With the upgrades, BDO Pay users can send money to both BDO and non-BDO accounts apart from other features such as money requests, split bill and QR and bills payments. Additional features will be rolled out to “further promote e-wallet usage in the country,” it added.
BDO is aiming to compete with the county’s e-wallet giants with its large user base of banked clients and more seamless transactions.
“With BDO Pay, clients can easily do banking transactions and manage their finances online without the need to move in and out of different apps just to transfer money from one account to another or make payments for online purchases,” the banking giant said in the statement on Monday.
“Unlike other conventional e-wallets, BDO Pay is linked to a BDO client’s checking or savings account, debit card, and credit card making everyday payments flexible and easy,” it added.
Millions of Filipinos shifted to electronic transactions during the global health crisis, pushing up valuations at the Globe Telecom-Jack Ma venture GCash, which became the country’s first ever unicorn after being valued at over $2 billion in 2021.
Maya, whose owners include PLDT Inc. and Tencent Holdings, was valued by investors above $1 billion earlier this year.
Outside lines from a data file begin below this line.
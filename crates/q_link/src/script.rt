//! What a link in memory will give: the steps of its reads, and what its writes answer. It is an
//! error to take a step into an empty buffer.
ghost use Rattle.std.specs.Prelude.{◌≡◌, ◌<◌, ◌++◌, ◌∷◌, [], length, OnErr, OnOk, min, take};
ghost use Rattle.q_link.specs.Scripts.{empty_script, is_named, next_bytes, read_answer, steps_after, with_failing_write, with_not_yet_write, with_step, write_answer, writes_after, writes_waits};
ghost use Rattle.q_link.specs.WaitsLeft.{Spares};
ghost use Rattle.q_link.specs.Playback.{IsFront, received_after, step_of, steps_of};

use crate::piece::Piece;
use crate::{Got, Put};
use q_model::NoMemory;
use std::alloc::Global;
use std::marker::Model;

/// What a read meets.
#[derive(Drop)]
pub(crate) enum Step {
    Piece(Piece),
    NotYet,
    End,
    Fail,
}

/// What writes answer.
#[derive(Drop)]
pub(crate) struct WritePlan {
    // the numbers of writes, counted from 1
    not_yet: Vec<u64>,
    failing: Vec<u64>,
    // how many there were
    calls: u64,
}

impl Model for WritePlan {
    ghost use Rattle.q_link.specs.Scripts.{WritePlan as Planned};

    ghost Value = { Planned };

    ghost view = { λ w. record {
      not_yet = w.not_yet.items;
      failing = w.failing.items;
      calls = w.calls;
    } };
}

fn is_named(numbers: &[u64], number: u64) -> bool
    ensures { result ≡ is_named numbers.now number }
{
    numbers.iter().any(|k| *k == number)
}

impl WritePlan {
    /// What the next write answers, of so many bytes.
    pub(crate) fn next(&mut self, count: usize) -> Put
        ensures answer { result ≡ write_answer self.old count }
        ensures after { self.new ≡ writes_after self.old }
        ensures spares { Spares 0 (writes_waits self.old) (writes_waits self.new) }
        ensures spends { result ≡ Put.NotYet
            → Spares 1 (writes_waits self.old) (writes_waits self.new) }
    {
        self.calls = self.calls.saturating_add(1);
        if is_named(&self.failing, self.calls) {
            return Put::Failed;
        }
        if is_named(&self.not_yet, self.calls) {
            return Put::NotYet;
        }
        Put::Gave(count)
    }
}

/// What a link will give.
#[derive(Drop)]
pub(crate) struct Script {
    pub steps: Vec<Step>,
    pub writes: WritePlan,
}

impl Model for Script {
    ghost use Rattle.q_link.specs.Scripts.{Script as Scripted};
    ghost use Rattle.q_link.specs.Playback.{steps_of};

    ghost Value = { Scripted };

    ghost view = { λ s. record { steps = steps_of s.steps.items; writes = s.writes } };
}

impl Script {
    pub(crate) fn new(alloc: Global) -> Script
        ensures { result ≡ empty_script }
    {
        Script {
            steps: Vec::new(alloc),
            writes: WritePlan {
                not_yet: Vec::new(alloc),
                failing: Vec::new(alloc),
                calls: 0,
            },
        }
    }

    pub(crate) fn add(&mut self, step: Step) -> Result<(), NoMemory>
        ensures ok { OnOk result (self.new ≡ with_step (step_of step) self.old) }
        ensures err { OnErr result (self.new ≡ self.old) }
    {
        self.steps.push(step)?;
        Ok(())
    }

    pub(crate) fn write_not_yet(&mut self, call: u64) -> Result<(), NoMemory>
        ensures ok { OnOk result (self.new ≡ with_not_yet_write call self.old) }
        ensures err { OnErr result (self.new ≡ self.old) }
    {
        self.writes.not_yet.push(call)?;
        Ok(())
    }

    pub(crate) fn write_fails(&mut self, call: u64) -> Result<(), NoMemory>
        ensures ok { OnOk result (self.new ≡ with_failing_write call self.old) }
        ensures err { OnErr result (self.new ≡ self.old) }
    {
        self.writes.failing.push(call)?;
        Ok(())
    }
}

/// A place in the steps of a script.
#[derive(Drop)]
pub(crate) struct Playback {
    steps: Vec<Step>,
    // the index of the next step, and how many bytes of its piece came
    next: usize,
    at: usize,
}

impl Model for Playback {
    ghost use Rattle.std.specs.Prelude.{drop};
    ghost use Rattle.q_link.specs.Playback.{IsPlace, Played, played, steps_of};

    ghost Value = { Played };

    ghost view = { λ p. played (steps_of p.steps.items) p.next p.at };

    ghost invariant = { λ p. IsPlace p.at (drop p.next (steps_of p.steps.items)) };
}

// Copies the front.
fn copy_front(to: &mut [u8], from: &[u8]) -> usize
    ensures count { result ≡ min (length to.old) (length from.now) }
    ensures front { take result to.new ≡ take result from.now }
{
    let count = to.len().min(from.len());
    let (front, _) = to.split_at_mut(count);
    let (bytes, _) = from.split_at(count);
    front.copy_from_slice(bytes);
    count
}

impl Playback {
    pub(crate) fn new(steps: Vec<Step>) -> Playback
        ensures received { result.received ≡ [] }
        ensures rest { result.rest ≡ steps_of steps.items }
    {
        Playback {
            steps,
            next: 0,
            at: 0,
        }
    }

    /// Takes the next step, or the front of its piece.
    pub(crate) fn take(&mut self, buf: &mut [u8]) -> Got
        requires { 0 < length buf.old }
        ensures answer { result ≡ read_answer self.old.rest (length buf.old) }
        ensures rest { self.new.rest ≡ steps_after self.old.rest (length buf.old) }
        ensures bytes { IsFront result (next_bytes self.old.rest) buf.new }
        ensures received { self.new.received ≡ received_after result buf.new self.old.received }
    {
        match self.steps.get(self.next) {
            None => Got::NotYet,
            Some(Step::NotYet) => {
                self.next += 1;
                Got::NotYet
            }
            Some(Step::End) => {
                self.next += 1;
                Got::End
            }
            Some(Step::Fail) => {
                self.next += 1;
                Got::Failed
            }
            Some(Step::Piece(piece)) => {
                let (_, rest) = piece.bytes.split_at(self.at);
                let count = copy_front(buf, rest);
                if count == rest.len() {
                    self.next += 1;
                    self.at = 0;
                } else {
                    self.at += count;
                }
                Got::Took(count)
            }
        }
    }
}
BDO said users only need a smartphone and government-issued identification card to open a BDO Pay account.
“The BDO pay account does not require any initial deposit nor any maintaining balance, which makes it ideal as a starter bank account especially for those in rural and remote areas,” it added.
Maybank Securities said rising e-wallet usage had boosted fee-based income for the banking sector. So far, the growth in digital payments was driven by retail, corporate and government transactions, it added.
“We expect this upward momentum to be sustained over the long term on the back of increasing adoption by merchants (with some preferring online modes of payment), the stickiness of the ease of doing digital payments among consumers and the improving connectivity infrastructure in the country,” Maybank Securities said.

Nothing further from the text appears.